Action item →
Please copy every line of the data in which the string "unfolding" appears.

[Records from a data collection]
____________________
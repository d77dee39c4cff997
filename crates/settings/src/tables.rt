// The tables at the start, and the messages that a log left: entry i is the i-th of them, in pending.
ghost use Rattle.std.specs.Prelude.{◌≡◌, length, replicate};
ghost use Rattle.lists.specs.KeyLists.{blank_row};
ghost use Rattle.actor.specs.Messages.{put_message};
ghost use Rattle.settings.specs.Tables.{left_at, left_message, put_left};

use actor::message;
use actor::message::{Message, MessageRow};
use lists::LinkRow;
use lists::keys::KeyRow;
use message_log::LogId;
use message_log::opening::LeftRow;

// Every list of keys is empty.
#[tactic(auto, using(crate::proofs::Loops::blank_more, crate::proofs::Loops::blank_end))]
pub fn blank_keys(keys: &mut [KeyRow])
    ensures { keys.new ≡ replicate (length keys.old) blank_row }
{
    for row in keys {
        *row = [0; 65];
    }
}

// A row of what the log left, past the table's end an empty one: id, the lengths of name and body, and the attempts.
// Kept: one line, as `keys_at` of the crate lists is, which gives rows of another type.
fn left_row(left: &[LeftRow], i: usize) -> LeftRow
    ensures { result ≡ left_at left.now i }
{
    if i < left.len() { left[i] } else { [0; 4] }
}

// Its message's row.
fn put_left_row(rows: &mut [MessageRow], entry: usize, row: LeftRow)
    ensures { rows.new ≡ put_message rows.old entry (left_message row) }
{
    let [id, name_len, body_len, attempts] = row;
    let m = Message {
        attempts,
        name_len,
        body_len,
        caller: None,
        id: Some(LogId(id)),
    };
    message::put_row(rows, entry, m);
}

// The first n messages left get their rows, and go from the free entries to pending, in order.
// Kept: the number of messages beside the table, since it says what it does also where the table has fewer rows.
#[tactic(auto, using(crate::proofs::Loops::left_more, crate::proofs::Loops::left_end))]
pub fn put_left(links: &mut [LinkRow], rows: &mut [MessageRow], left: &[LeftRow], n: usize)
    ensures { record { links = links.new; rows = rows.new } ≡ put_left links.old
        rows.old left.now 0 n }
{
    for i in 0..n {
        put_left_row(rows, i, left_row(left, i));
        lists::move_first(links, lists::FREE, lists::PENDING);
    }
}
____________________
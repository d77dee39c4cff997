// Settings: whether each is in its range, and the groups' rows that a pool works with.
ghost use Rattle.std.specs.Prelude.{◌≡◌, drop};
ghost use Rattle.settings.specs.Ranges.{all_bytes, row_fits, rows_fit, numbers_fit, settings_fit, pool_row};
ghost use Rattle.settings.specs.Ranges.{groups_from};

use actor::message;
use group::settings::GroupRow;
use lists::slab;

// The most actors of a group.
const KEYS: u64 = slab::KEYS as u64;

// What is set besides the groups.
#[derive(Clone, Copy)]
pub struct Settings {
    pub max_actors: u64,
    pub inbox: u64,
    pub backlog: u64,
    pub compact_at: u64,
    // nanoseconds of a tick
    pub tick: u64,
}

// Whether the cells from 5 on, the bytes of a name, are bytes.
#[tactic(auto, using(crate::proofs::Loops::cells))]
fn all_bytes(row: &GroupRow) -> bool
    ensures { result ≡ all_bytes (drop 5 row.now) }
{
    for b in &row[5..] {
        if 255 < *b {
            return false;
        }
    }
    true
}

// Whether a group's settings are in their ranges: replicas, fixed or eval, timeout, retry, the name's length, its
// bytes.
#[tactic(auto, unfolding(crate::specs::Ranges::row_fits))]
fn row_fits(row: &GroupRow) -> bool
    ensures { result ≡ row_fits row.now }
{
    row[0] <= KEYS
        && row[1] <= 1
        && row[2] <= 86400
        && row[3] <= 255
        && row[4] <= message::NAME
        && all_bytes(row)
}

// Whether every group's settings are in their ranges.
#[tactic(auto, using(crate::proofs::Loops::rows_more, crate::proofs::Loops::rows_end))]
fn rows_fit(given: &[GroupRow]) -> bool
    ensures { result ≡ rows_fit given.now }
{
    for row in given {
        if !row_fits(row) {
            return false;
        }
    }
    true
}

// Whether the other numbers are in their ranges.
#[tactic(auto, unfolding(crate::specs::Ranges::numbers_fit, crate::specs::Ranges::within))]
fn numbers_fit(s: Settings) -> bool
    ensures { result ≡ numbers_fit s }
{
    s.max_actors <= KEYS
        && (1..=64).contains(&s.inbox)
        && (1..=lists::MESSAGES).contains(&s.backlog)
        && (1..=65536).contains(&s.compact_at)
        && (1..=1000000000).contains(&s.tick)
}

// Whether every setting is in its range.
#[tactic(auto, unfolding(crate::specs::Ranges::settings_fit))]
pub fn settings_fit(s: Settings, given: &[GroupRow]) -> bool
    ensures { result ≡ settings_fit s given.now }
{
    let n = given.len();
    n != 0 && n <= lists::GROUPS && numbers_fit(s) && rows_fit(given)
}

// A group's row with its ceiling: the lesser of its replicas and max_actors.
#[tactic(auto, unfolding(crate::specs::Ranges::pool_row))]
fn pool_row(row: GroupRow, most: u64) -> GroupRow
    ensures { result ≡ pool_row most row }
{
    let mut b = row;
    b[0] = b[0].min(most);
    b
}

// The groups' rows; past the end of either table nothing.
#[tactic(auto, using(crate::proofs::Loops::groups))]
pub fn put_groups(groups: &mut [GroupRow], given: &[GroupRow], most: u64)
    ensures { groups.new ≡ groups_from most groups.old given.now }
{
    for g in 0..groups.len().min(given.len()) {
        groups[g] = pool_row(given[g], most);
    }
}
____________________
Answer for the task →
#[tactic(auto, unfolding(crate::specs::Ranges::row_fits))]
#[tactic(auto, unfolding(crate::specs::Ranges::numbers_fit, crate::specs::Ranges::within))]
#[tactic(auto, unfolding(crate::specs::Ranges::settings_fit))]
#[tactic(auto, unfolding(crate::specs::Ranges::pool_row))]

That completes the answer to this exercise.